Termina pedindo que seja atendido o presente recurso para aguardar o julgamento em liberdade, enquanto decorrem os demais termos do processo, sem perturbação do mesmo e sem receio de fuga.

O processo foi à vista do Ministério Público.

Colhidos os vistos legais, cumpre, agora, apreciar para decidir.

II. COMPETÊNCIA

O recurso extraordinário de inconstitucionalidade vem previsto nas disposições conjugadas da alínea m) do artigo 16.º da Lei n.º 2/08, de 17 de Junho – Lei Orgânica do Tribunal Constitucional, com a redacção que lhe foi dada pelo artigo 2.º da Lei n.º 24/10, de 03 de Dezembro.
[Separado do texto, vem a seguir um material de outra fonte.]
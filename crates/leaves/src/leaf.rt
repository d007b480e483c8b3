// The hashes of a leaf's rows, by its type.
ghost use Rattle.std.specs.Prelude.{◌≡◌, ℕ, ◌+◌, ◌^◌, ◌<◌, true, length, Some};
ghost use Rattle.image.specs.Slot.{Slot};
ghost use Rattle.layout.specs.Types.{data_type};
ghost use Rattle.leaves.specs.Rows.{LeafRow, RowsFor, column_slot, is_leaf, leaf_words, row_of};
ghost use Rattle.row_rule.specs.Number.{number_of};

use crate::bytes::{Binaries, FixedBinaries, Texts};
use crate::hashing::Hashing;
use crate::number::{Floats, Numbers};
use crate::reader::{Booleans, Nothings};
use crate::rows::Rows;
use crate::view::Views;
use hash_state::HashState;
use layout::bytes::Width;
use layout::column::Column;
use layout::data_type::DataType;
use std::marker::PhantomData;

// Each word becomes its number by the row rule at the row that it meets, of a column whose rows stand for no other rows.
// There are as many words as rows are met.
pub fn hash_leaf<S: HashState>(
    column: Column<'_>,
    t: DataType,
    rows: Rows<'_>,
    state: &S,
    entries: &mut [u64],
    first: bool,
)
    requires leaf { is_leaf t ≡ true }
    requires typed { Some t ≡ data_type column.record }
    requires readable { (j : ℕ) → j < length entries.old → LeafRow column.bytes.now t column.record (row_of rows.lo rows.list j) }
    requires listed { RowsFor rows.list (length entries.old) }
    requires fits { rows.lo + length entries.old < 2 ^ 32 }
    ensures { (down : ℕ → ℕ → Slot) → entries.new ≡ leaf_words (number_of (S.BuildHasher.one state.now) (S.HashState.seeded state.now) first) (column_slot column.entry t down) rows.entry entries.old }
{
    let hashing = Hashing {
        column,
        data_type: t,
        rows,
        state,
        first,
    };
    match t {
        DataType::Null => hashing.run(&Nothings, entries),
        DataType::Boolean => hashing.run(&Booleans, entries),
        DataType::Number(Width::One) => hashing.run(&Numbers(PhantomData::<u8>), entries),
        DataType::Number(Width::Two) => hashing.run(&Numbers(PhantomData::<u16>), entries),
        DataType::Number(Width::Four) => hashing.run(&Numbers(PhantomData::<u32>), entries),
        DataType::Number(Width::Eight) => hashing.run(&Numbers(PhantomData::<u64>), entries),
        DataType::Float(Width::Two) => hashing.run(&Floats(PhantomData::<u16>), entries),
        DataType::Float(Width::Four) => hashing.run(&Floats(PhantomData::<u32>), entries),
        DataType::Float(Width::Eight) => hashing.run(&Floats(PhantomData::<u64>), entries),
        DataType::Utf8(Width::Four) => hashing.run(&Texts(PhantomData::<u32>), entries),
        DataType::Utf8(Width::Eight) => hashing.run(&Texts(PhantomData::<u64>), entries),
        DataType::Binary(Width::Four) => hashing.run(&Binaries(PhantomData::<u32>), entries),
        DataType::Binary(Width::Eight) => hashing.run(&Binaries(PhantomData::<u64>), entries),
        DataType::FixedSizeBinary(size) => hashing.run(&FixedBinaries(size), entries),
        DataType::View => hashing.run(&Views, entries),
        // no float has one byte, and no offset has one byte or two
        DataType::Float(Width::One) => unreachable(),
        DataType::Utf8(Width::One) => unreachable(),
        DataType::Utf8(Width::Two) => unreachable(),
        DataType::Binary(Width::One) => unreachable(),
        DataType::Binary(Width::Two) => unreachable(),
        // no other type is a leaf
        _ => unreachable(),
    }
}
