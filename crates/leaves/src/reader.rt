// How the rows of a column are read, by its type.
ghost use Rattle.std.specs.Prelude.{◌≡◌, ℕ, ◌+◌, false, ◌&&◌};
ghost use Rattle.image.specs.Slot.{Slot};
ghost use Rattle.layout.specs.Nodes.{marked, reads_nulls};
ghost use Rattle.layout.specs.declared.data_type.DataType.{DataType};
ghost use Rattle.layout.specs.declared.data_type.DataType.TheVariants.{Null, Boolean};
ghost use Rattle.leaves.specs.Rows.{LeafRow, unmarked_slot};
ghost use Rattle.leaves.specs.Tells.{Tells};

use hash_state::{HashValue, Nothing};
use layout::bytes::bit_at;
use layout::column::Column;

pub(crate) trait Reader<'a> {
    type Item: HashValue + Drop;

    // The type of the columns that are read so.
    ghost data_type: { Self → DataType };

    // The value of a row that is not null.
    fn value(&self, column: &Column<'a>, row: u32) -> Self::Item
        requires there { LeafRow column.now.bytes.now (data_type self.now) column.now.record row }
        requires unmarked { (reads_nulls (data_type self.now) && marked column.now.bytes.now column.now.record row) ≡ false }
        ensures { (down : ℕ → ℕ → Slot) → Tells Self.Item.HashValue.seeding (Self.Item.HashValue.writes result) (Self.Item.HashValue.seed_writes result) (unmarked_slot column.now (data_type self.now) down row) };
}

#[derive(Drop)]
pub(crate) struct Nothings;

impl<'a> Reader<'a> for Nothings {
    type Item = Nothing;

    ghost data_type = { λ _. Null };

    #[tactic(auto, using(crate::proofs::Told::told_nothing))]
    fn value(&self, column: &Column<'a>, row: u32) -> Nothing {
        Nothing
    }
}

#[derive(Drop)]
pub(crate) struct Booleans;

impl<'a> Reader<'a> for Booleans {
    type Item = bool;

    ghost data_type = { λ _. Boolean };

    #[tactic(auto, using(crate::proofs::Told::told_boolean))]
    fn value(&self, column: &Column<'a>, row: u32) -> bool {
        bit_at(column.bytes, column.record.a as usize, column.element(row))
    }
}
Ainda o artigo 53.º da Lei n.º 3/08, de 17 de Junho – LPC estabelece que a competência para decidir os recursos extraordinários de inconstitucionalidade previstos no artigo 49.º da presente lei é do Plenário de Juízes do Tribunal Constitucional.

III. LEGITIMIDADE

Os recursos só podem ser interpostos por quem é parte principal na causa e que tenha ficado vencido (cfr. n.º 1 do artigo 680.º do CPC).

Ora, o Recorrente foi parte no Processo n.º 490/18, em que se proferiu a decisão recorrida proferida pela 1.ª Secção da Câmara dos Crimes Comuns do Tribunal Supremo.

Assim sendo, o Recorrente tem legitimidade para interpor o presente recurso, como estabelece a alínea a) do artigo 50.º da Lei n.º 3/08, de 17 de Junho – LPC.

IV. OBJECTO

O objecto do presente recurso é a providência de “habeas corpus” decorrida na 1.ª Secção da Câmara Criminal do Tribunal Supremo, que negou provimento ao pedido do Recorrente e considerou legal a prisão preventiva.

V. APRECIANDO

Analisados os autos constata-se que o Recorrente foi detido pelas 20h00 do dia 5 de Junho de 2018, no Aeroporto Internacional 4 de Fevereiro.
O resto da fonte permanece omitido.